──────── Records for this task ────────
//! The nulls of a leaf array in the mask of its path.
ghost use Rattle.std.specs.Prelude.{◌≡◌, ◌↔◌, ◌<◌, ◌≤◌, ℕ, IsTrue, false, Some, IfOk, IfErr, OnOk, length, map, replicate, slice_index_or};
ghost use Rattle.columns_base.specs.declared.error.Error.TheVariants.{Memory};
ghost use Rattle.columns_core.specs.Bits.{bits_eq};
ghost use Rattle.shredding.specs.Parts.{slot_count, path_way, MaskFits};
ghost use Rattle.columns_slots.specs.Slots.{tree_len, mask_of};
ghost use Rattle.columns_array.specs.Boxed.{boxed};
ghost use Rattle.levels.specs.InBounds.{IsInBounds};
ghost use Rattle.levels.specs.Nested.{part_of, parts_of, is_large};
ghost use Rattle.levels.specs.Ranges.{leaf_count_or};
ghost use Rattle.nested_slice.specs.CutPath.{AreRising, Rises};
ghost use Rattle.nested_paths.specs.LeafNulls.{with_leaf_mask, MergesNulls};
ghost use Rattle.nested_paths.specs.PathLeaf.{is_leaf_optional, FitsLeaf};
ghost use Rattle.nested_paths.specs.ValueMasks.{holds_values, present_slots, HasContent, KeepAlike, IsValueMask};

use columns_array::{ArrayBox, DictionaryArray};
use columns_base::Result;
use columns_core::{Bitmap, MutableBitmap};
use levels::Nested;
use std::alloc::Global;

// Where the words of 64 of two masks end that are the same.
fn same_end(a: &Bitmap, b: &Bitmap, size: usize) -> usize
    requires within { size ≤ length a.now }
    requires other { size ≤ length b.now }
    ensures within { result ≤ size }
    ensures same { (i : ℕ) → i < result → slice_index_or a.now i false ≡ slice_index_or b.now i false }
{
    let mut place = 0;
    while size - place >= 64 {
        if a.word_at(place, 64) != b.word_at(place, 64) {
            return place;
        }
        place += 64;
    }
    place
}

// Whether two masks are the same, word by word: true only where they are.
fn same_words(a: &Bitmap, b: &Bitmap) -> bool
    ensures { IsTrue result → a.now ≡ b.now }
{
    let size = a.len();
    if size != b.len() {
        return false;
    }
    let place = same_end(a, b, size);
    let count = size - place;
    if count > 64 {
        return false;
    }
    if a.word_at(place, count) != b.word_at(place, count) {
        return false;
    }
    true
}

// Whether two masks are the same.
fn same_masks(a: &Bitmap, b: &Bitmap) -> bool
    ensures { result ≡ bits_eq a.now b.now }
{
    if same_words(a, b) {
        return true;
    }
    *a == *b
}

// Whether both masks, of as many positions, keep the same ones.
fn keep_alike(mask: &Option<Bitmap>, array: &ArrayBox) -> bool
    requires { MaskFits mask.now (tree_len (boxed array.now)) }
    ensures { IsTrue result ↔ KeepAlike mask.now (mask_of (boxed array.now)) (tree_len (boxed array.now)) }
{
    array.know();
    let Some(mask) = mask else {
        return match array.validity() {
            None => true,
            Some(other) => other.unset_bits() == 0,
        };
    };
    match array.validity() {
        None => mask.unset_bits() == 0,
        Some(other) => same_masks(mask, other),
    }
}

/// Whether the array is one of the path's leaf: it has as many positions, and where the leaf is optional its mask and that of the path are
/// unset at the same ones.
pub fn fits_leaf(array: &ArrayBox, nested: &[Nested]) -> bool
    requires { IsInBounds (parts_of nested.now) }
    ensures { IsTrue result ↔ FitsLeaf (boxed array.now) (parts_of nested.now) }
{
    match &nested[nested.len() - 1] {
        Nested::Primitive(mask, is_optional, count) => {
            *count == array.len() && (!*is_optional || keep_alike(mask, array))
        }
        _ => false,
    }
}

// What the positions of an array have, nulls aside.
#[derive(Clone, Copy, Drop)]
enum Content<'a> {
    // nothing: there are nulls alone, or lists or structs
    Nothing,
    // a value each
    Values,
    // the entry of a key each
    Entries(&'a DictionaryArray),
}

fn content_of(array: &ArrayBox) -> Content<'_>
    ensures { HasContent (boxed array.now) result }
{
    match array {
        ArrayBox::Null(_) => Content::Nothing,
        ArrayBox::List(lists) => {
            lists.know();
            Content::Nothing
        }
        ArrayBox::LargeList(lists) => {
            lists.know();
            Content::Nothing
        }
        ArrayBox::Map(maps) => {
            maps.know();
            Content::Nothing
        }
        ArrayBox::Struct(structs) => {
            structs.know();
            Content::Nothing
        }
        ArrayBox::FixedSizeList(lists) => {
            lists.know();
            Content::Nothing
        }
        ArrayBox::Dictionary(keyed) => {
            keyed.know();
            Content::Entries(keyed)
        }
        _ => Content::Values,
    }
}

// Whether the slots that are not null are values.
fn holds_values(array: &ArrayBox) -> bool
    ensures { result ≡ holds_values (boxed array.now) }
{
    match content_of(array) {
        Content::Nothing => false,
        Content::Values => true,
        Content::Entries(keyed) => holds_values(keyed.values()),
    }
}

// A mask that keeps the positions that are not null.
#[tactic(auto, using(crate::proofs::Values::present_none, crate::proofs::Values::present_more))]
fn present_mask(alloc: Global, keyed: &DictionaryArray) -> Result<Bitmap>
    ensures ok { IfOk result (λ mask. mask ≡ present_slots keyed.now) }
    ensures err { IfErr result (λ e. e ≡ Memory) }
{
    let mut bits = MutableBitmap::with_capacity(alloc, keyed.len())?;
    for i in 0..keyed.len() {
        bits.push(!keyed.is_null_at(i))?;
    }
    bits.into_bitmap()
}

// A mask that keeps no position.
fn empty_mask(alloc: Global, count: usize) -> Result<Option<Bitmap>>
    ensures ok { IfOk result (λ mask. mask ≡ Some (replicate count false)) }
    ensures err { IfErr result (λ e. e ≡ Memory) }
{
    let mut bits = MutableBitmap::with_capacity(alloc, count)?;
    bits.extend_constant(count, false)?;
    Ok(Some(bits.into_bitmap()?))
}

// The same of a dictionary.
fn entry_mask(alloc: Global, keyed: &DictionaryArray) -> Result<Option<Bitmap>>
    ensures ok { IfOk result (λ mask. IsValueMask keyed.now mask) }
    ensures err { IfErr result (λ e. e ≡ Memory) }
{
    keyed.know();
    if !holds_values(keyed.values()) {
        return empty_mask(alloc, keyed.len());
    }
    if keyed.values().null_count() == 0 {
        return Ok(None);
    }
    Ok(Some(present_mask(alloc, keyed)?))
}

// A mask of the positions that have a value, or none where the array's own mask is one.
fn value_mask(alloc: Global, array: &ArrayBox) -> Result<Option<Bitmap>>
    ensures ok { IfOk result (λ mask. IsValueMask (boxed array.now) mask) }
    ensures err { IfErr result (λ e. e ≡ Memory) }
{
    match content_of(array) {
        Content::Nothing => empty_mask(alloc, array.len()),
        Content::Values => Ok(None),
        Content::Entries(keyed) => entry_mask(alloc, keyed),
    }
}

fn is_leaf_optional(nested: &[Nested]) -> bool
    requires { IsInBounds (parts_of nested.now) }
    ensures { result ≡ is_leaf_optional (parts_of nested.now) }
{
    match &nested[nested.len() - 1] {
        Nested::Primitive(_, is_optional, _) => *is_optional,
        _ => false,
    }
}

fn set_leaf_mask(nested: &mut [Nested], values: Bitmap)
    requires in_bounds { IsInBounds (parts_of nested.old) }
    ensures parts { parts_of nested.new ≡ with_leaf_mask (Some values) (parts_of nested.old) }
    ensures kinds { map is_large nested.new ≡ map is_large nested.old }
{
    let last = nested.len() - 1;
    if let Nested::Primitive(mask, _, _) = &mut nested[last] {
        *mask = Some(values);
    }
}

// The offsets of lists never fall.
fn know_rising(nested: &[Nested])
    ensures { AreRising (parts_of nested.now) }
{
    for part in nested {
        know_rising_part(part);
    }
}

fn know_rising_part(part: &Nested)
    ensures { Rises (part_of part.now) }
{
    match part {
        Nested::List(list) => list.offsets.know(),
        Nested::LargeList(list) => list.offsets.know(),
        Nested::Primitive(..) | Nested::Struct(..) => {}
    }
}

/// Merges the nulls of a leaf array into its path, so that the levels of the path are those of the slots: the mask of the leaf, where it is
/// optional, is then unset also at each position of a null array and at the keys of null entries (Arrow columnar format, "Null Layout" and
/// "Dictionary-encoded Layout"). Every other path stays as it is. It takes memory for one mask at most.
///
/// The conditions can be tested: `levels::is_in_bounds` tells paths in bounds, and `fits_leaf` their leaf arrays. What `to_nested` and
/// `to_leaves` give meets them.
///
/// # Errors
///
/// `Memory`: memory ran out. The path is then as it was.
pub fn merge_nulls(alloc: Global, array: &ArrayBox, nested: &mut [Nested]) -> Result<()>
    requires in_bounds { IsInBounds (parts_of nested.old) }
    requires fits { FitsLeaf (boxed array.now) (parts_of nested.old) }
    ensures ok { OnOk result (MergesNulls (boxed array.now) (parts_of nested.old) (parts_of nested.new)) }
    ensures in_bounds { IsInBounds (parts_of nested.new) }
    ensures leaf { leaf_count_or 0 (parts_of nested.new) ≡ tree_len (boxed array.now) }
    ensures rows { slot_count (parts_of nested.new) ≡ slot_count (parts_of nested.old) }
    ensures way { path_way (parts_of nested.new) ≡ path_way (parts_of nested.old) }
    ensures kinds { map is_large nested.new ≡ map is_large nested.old }
    ensures rising { AreRising (parts_of nested.old) }
    ensures err { IfErr result (λ e. (e ≡ Memory) × (nested.new ≡ nested.old)) }
{
    know_rising(nested);
    if !is_leaf_optional(nested) {
        return Ok(());
    }
    if let Some(values) = value_mask(alloc, array)? {
        set_leaf_mask(nested, values);
    }
    Ok(())
}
────────
# [Goal of the exercise]
Only one stretch is wanted, so please give again exactly the lines from the start of the data through the line containing "while size - place", both ends included.

# [Output for this exercise]
//! The nulls of a leaf array in the mask of its path.
ghost use Rattle.std.specs.Prelude.{◌≡◌, ◌↔◌, ◌<◌, ◌≤◌, ℕ, IsTrue, false, Some, IfOk, IfErr, OnOk, length, map, replicate, slice_index_or};
ghost use Rattle.columns_base.specs.declared.error.Error.TheVariants.{Memory};
ghost use Rattle.columns_core.specs.Bits.{bits_eq};
ghost use Rattle.shredding.specs.Parts.{slot_count, path_way, MaskFits};
ghost use Rattle.columns_slots.specs.Slots.{tree_len, mask_of};
ghost use Rattle.columns_array.specs.Boxed.{boxed};
ghost use Rattle.levels.specs.InBounds.{IsInBounds};
ghost use Rattle.levels.specs.Nested.{part_of, parts_of, is_large};
ghost use Rattle.levels.specs.Ranges.{leaf_count_or};
ghost use Rattle.nested_slice.specs.CutPath.{AreRising, Rises};
ghost use Rattle.nested_paths.specs.LeafNulls.{with_leaf_mask, MergesNulls};
ghost use Rattle.nested_paths.specs.PathLeaf.{is_leaf_optional, FitsLeaf};
ghost use Rattle.nested_paths.specs.ValueMasks.{holds_values, present_slots, HasContent, KeepAlike, IsValueMask};

use columns_array::{ArrayBox, DictionaryArray};
use columns_base::Result;
use columns_core::{Bitmap, MutableBitmap};
use levels::Nested;
use std::alloc::Global;

// Where the words of 64 of two masks end that are the same.
fn same_end(a: &Bitmap, b: &Bitmap, size: usize) -> usize
    requires within { size ≤ length a.now }
    requires other { size ≤ length b.now }
    ensures within { result ≤ size }
    ensures same { (i : ℕ) → i < result → slice_index_or a.now i false ≡ slice_index_or b.now i false }
{
    let mut place = 0;
    while size - place >= 64 {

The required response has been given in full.